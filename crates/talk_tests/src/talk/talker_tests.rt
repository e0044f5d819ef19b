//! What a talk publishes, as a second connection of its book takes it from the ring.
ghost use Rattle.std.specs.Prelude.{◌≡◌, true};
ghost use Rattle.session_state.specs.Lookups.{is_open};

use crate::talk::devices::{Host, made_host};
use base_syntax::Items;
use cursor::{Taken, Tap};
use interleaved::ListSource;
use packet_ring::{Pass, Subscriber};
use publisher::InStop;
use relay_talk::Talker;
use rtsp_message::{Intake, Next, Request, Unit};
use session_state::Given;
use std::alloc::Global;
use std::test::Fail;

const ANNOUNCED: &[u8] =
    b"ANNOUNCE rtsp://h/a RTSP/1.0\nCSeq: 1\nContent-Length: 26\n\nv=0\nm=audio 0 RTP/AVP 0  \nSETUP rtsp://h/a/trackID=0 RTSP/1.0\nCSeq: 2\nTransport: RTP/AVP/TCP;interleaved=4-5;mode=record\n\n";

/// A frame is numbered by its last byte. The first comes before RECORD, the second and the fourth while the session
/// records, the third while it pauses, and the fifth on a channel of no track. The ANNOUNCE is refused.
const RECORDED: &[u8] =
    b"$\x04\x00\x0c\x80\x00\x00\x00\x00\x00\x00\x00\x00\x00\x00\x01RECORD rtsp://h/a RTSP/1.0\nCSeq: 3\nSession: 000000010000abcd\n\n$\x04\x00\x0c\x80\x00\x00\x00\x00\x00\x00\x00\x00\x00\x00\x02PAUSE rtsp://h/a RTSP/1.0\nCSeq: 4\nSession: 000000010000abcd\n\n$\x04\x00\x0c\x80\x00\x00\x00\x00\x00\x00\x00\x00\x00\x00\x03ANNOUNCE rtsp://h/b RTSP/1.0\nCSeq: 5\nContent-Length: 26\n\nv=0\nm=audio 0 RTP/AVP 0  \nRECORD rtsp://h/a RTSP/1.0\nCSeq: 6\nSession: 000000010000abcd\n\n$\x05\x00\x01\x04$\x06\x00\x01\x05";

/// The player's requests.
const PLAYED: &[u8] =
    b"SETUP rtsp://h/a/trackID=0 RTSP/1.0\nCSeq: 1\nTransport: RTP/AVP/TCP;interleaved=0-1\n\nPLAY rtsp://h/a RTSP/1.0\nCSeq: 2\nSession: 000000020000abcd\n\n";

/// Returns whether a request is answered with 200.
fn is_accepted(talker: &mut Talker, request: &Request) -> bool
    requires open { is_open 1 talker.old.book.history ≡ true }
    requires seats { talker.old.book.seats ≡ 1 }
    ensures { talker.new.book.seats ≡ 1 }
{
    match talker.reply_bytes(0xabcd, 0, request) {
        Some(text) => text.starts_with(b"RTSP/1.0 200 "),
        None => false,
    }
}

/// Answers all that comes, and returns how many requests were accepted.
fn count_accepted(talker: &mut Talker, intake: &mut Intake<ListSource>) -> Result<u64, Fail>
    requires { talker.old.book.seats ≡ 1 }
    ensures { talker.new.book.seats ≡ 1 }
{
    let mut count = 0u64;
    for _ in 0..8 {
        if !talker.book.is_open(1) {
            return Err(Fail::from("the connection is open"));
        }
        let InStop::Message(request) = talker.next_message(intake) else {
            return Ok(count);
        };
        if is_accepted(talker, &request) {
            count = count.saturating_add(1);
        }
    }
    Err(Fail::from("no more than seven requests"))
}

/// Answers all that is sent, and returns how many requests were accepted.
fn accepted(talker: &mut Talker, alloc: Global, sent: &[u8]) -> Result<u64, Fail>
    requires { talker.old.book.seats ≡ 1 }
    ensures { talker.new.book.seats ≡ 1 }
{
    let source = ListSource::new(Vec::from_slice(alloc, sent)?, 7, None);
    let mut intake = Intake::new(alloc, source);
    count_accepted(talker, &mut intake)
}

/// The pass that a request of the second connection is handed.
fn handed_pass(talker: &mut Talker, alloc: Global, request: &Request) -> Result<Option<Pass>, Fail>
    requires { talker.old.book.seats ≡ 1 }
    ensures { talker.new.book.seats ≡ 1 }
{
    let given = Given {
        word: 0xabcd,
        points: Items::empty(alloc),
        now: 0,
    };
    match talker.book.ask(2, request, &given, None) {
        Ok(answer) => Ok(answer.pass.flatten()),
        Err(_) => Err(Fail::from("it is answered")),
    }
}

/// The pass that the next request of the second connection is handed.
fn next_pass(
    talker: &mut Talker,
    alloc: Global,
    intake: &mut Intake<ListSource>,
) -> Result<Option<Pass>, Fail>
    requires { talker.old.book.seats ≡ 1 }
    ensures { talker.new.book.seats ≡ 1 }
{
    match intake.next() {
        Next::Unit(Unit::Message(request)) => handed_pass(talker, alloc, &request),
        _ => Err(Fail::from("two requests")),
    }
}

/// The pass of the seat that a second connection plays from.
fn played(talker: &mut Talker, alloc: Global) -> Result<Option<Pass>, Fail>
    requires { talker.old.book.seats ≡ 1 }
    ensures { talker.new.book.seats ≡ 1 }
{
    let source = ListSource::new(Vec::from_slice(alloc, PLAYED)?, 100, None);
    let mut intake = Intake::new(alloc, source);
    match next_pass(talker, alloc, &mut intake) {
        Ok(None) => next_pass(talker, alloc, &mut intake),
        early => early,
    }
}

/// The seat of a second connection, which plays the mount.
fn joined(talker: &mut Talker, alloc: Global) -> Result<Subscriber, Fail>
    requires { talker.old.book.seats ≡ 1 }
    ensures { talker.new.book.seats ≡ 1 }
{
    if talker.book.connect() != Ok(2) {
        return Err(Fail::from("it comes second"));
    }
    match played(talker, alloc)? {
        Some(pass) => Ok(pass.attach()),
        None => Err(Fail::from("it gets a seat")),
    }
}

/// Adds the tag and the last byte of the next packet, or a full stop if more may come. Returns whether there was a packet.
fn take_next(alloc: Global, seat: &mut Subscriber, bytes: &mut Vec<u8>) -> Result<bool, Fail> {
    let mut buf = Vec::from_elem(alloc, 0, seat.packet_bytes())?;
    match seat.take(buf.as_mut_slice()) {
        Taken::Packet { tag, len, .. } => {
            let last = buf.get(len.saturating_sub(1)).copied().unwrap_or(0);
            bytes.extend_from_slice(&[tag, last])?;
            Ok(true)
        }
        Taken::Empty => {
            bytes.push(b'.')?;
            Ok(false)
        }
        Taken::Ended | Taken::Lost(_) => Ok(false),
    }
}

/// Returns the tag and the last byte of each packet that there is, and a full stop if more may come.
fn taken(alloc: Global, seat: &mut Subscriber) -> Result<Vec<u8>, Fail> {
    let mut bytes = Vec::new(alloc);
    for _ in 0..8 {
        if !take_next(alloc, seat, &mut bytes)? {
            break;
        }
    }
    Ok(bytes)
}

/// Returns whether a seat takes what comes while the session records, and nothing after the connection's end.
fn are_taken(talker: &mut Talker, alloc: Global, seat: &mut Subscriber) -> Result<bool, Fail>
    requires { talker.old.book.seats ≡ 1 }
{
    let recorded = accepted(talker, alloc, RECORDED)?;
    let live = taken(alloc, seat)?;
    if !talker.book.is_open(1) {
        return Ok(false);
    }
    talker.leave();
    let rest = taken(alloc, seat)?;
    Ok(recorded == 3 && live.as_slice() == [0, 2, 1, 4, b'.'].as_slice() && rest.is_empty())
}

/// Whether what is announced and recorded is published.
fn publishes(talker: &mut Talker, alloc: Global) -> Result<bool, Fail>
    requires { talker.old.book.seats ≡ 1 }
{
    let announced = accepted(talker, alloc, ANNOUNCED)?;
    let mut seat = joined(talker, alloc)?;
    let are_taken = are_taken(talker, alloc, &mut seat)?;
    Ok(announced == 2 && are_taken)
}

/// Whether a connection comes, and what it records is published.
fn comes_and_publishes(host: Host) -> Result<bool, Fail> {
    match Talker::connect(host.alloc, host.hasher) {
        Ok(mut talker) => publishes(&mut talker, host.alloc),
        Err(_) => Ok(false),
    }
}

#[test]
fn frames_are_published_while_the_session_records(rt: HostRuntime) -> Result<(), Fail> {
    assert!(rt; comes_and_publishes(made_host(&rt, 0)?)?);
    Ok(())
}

= = = = = = =

» BRIEF: Both the first line of the data above and the line with "const PLAYED: &[u8]" must be included; please return exactly those lines and the ones between them.

» RESULT BELOW:
filename crates/talk_tests/src/talk/talker_tests.rt
repository e0044f5d819ef19b
//! What a talk publishes, as a second connection of its book takes it from the ring.
ghost use Rattle.std.specs.Prelude.{◌≡◌, true};
ghost use Rattle.session_state.specs.Lookups.{is_open};

use crate::talk::devices::{Host, made_host};
use base_syntax::Items;
use cursor::{Taken, Tap};
use interleaved::ListSource;
use packet_ring::{Pass, Subscriber};
use publisher::InStop;
use relay_talk::Talker;
use rtsp_message::{Intake, Next, Request, Unit};
use session_state::Given;
use std::alloc::Global;
use std::test::Fail;

const ANNOUNCED: &[u8] =
    b"ANNOUNCE rtsp://h/a RTSP/1.0\nCSeq: 1\nContent-Length: 26\n\nv=0\nm=audio 0 RTP/AVP 0  \nSETUP rtsp://h/a/trackID=0 RTSP/1.0\nCSeq: 2\nTransport: RTP/AVP/TCP;interleaved=4-5;mode=record\n\n";

/// A frame is numbered by its last byte. The first comes before RECORD, the second and the fourth while the session
/// records, the third while it pauses, and the fifth on a channel of no track. The ANNOUNCE is refused.
const RECORDED: &[u8] =
    b"$\x04\x00\x0c\x80\x00\x00\x00\x00\x00\x00\x00\x00\x00\x00\x01RECORD rtsp://h/a RTSP/1.0\nCSeq: 3\nSession: 000000010000abcd\n\n$\x04\x00\x0c\x80\x00\x00\x00\x00\x00\x00\x00\x00\x00\x00\x02PAUSE rtsp://h/a RTSP/1.0\nCSeq: 4\nSession: 000000010000abcd\n\n$\x04\x00\x0c\x80\x00\x00\x00\x00\x00\x00\x00\x00\x00\x00\x03ANNOUNCE rtsp://h/b RTSP/1.0\nCSeq: 5\nContent-Length: 26\n\nv=0\nm=audio 0 RTP/AVP 0  \nRECORD rtsp://h/a RTSP/1.0\nCSeq: 6\nSession: 000000010000abcd\n\n$\x05\x00\x01\x04$\x06\x00\x01\x05";

/// The player's requests.
const PLAYED: &[u8] =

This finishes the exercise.